[[ DATA UNDER STUDY, beginning ]]

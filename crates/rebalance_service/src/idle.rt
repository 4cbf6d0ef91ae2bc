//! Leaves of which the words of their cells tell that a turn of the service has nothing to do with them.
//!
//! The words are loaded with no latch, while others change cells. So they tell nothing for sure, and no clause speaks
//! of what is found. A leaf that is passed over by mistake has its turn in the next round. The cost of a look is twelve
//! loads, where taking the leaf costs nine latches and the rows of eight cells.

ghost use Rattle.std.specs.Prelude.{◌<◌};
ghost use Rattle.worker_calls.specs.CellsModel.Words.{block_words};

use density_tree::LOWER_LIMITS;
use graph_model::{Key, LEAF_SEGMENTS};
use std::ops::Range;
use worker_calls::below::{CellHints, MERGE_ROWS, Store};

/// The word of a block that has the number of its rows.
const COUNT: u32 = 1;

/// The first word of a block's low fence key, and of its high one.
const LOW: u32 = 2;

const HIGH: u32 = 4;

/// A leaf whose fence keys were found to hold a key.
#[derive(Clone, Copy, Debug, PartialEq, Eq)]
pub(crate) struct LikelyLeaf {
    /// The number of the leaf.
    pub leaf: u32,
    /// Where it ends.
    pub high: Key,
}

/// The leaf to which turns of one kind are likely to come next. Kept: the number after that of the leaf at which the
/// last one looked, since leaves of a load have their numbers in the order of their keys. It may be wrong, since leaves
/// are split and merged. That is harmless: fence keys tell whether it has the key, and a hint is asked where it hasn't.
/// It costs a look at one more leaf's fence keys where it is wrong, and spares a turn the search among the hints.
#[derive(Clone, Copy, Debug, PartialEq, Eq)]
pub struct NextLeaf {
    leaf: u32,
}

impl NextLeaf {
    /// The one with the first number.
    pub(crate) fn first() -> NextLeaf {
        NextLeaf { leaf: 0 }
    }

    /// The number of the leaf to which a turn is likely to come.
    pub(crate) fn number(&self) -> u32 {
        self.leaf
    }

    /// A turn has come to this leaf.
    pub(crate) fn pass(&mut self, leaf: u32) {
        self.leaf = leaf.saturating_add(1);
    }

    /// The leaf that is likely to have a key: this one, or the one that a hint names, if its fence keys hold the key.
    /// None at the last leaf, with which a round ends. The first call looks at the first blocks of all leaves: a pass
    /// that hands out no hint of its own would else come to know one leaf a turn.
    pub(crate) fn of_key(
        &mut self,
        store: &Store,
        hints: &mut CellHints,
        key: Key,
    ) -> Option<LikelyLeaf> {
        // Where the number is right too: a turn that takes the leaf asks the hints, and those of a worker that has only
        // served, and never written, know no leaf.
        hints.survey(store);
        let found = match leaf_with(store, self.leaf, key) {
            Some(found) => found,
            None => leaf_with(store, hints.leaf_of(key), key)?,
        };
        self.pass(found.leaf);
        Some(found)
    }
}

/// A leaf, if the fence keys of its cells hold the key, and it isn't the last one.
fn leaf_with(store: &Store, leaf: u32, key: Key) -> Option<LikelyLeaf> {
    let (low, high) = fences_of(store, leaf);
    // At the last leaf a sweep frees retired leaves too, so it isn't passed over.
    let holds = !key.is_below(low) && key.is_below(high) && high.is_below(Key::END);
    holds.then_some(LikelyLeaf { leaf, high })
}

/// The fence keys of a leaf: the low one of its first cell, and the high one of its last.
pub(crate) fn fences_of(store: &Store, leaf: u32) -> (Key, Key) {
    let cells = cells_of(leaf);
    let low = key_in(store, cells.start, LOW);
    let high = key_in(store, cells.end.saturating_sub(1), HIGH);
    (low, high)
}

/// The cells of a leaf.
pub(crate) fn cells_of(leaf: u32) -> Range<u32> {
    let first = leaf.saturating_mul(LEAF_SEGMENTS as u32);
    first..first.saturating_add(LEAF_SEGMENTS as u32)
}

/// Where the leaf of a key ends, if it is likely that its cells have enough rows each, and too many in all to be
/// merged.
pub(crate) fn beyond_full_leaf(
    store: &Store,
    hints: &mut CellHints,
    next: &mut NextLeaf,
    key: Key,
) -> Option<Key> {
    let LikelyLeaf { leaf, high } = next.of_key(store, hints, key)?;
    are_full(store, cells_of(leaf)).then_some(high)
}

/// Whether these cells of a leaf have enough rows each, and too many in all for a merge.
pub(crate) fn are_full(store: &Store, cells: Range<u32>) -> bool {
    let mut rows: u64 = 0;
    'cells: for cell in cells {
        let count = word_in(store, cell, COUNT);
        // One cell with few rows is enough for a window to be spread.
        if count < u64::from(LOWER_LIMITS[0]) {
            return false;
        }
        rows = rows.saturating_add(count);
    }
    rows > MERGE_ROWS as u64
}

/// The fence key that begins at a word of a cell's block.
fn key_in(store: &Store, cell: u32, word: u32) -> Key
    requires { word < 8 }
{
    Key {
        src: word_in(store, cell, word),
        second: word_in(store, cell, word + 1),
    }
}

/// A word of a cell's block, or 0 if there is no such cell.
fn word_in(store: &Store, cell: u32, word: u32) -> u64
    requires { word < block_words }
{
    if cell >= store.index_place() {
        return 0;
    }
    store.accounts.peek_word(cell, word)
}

[[ DATA UNDER STUDY, end ]]

WHAT TO DO » Transcribe only, please, the lines from the first line of the records through the line with "no clause speaks". Both of those lines are included.

ANSWER TO THIS EXERCISE »
filename crates/rebalance_service/src/idle.rt
repository 4cbf6d0ef91ae2bc
//! Leaves of which the words of their cells tell that a turn of the service has nothing to do with them.
//!
//! The words are loaded with no latch, while others change cells. So they tell nothing for sure, and no clause speaks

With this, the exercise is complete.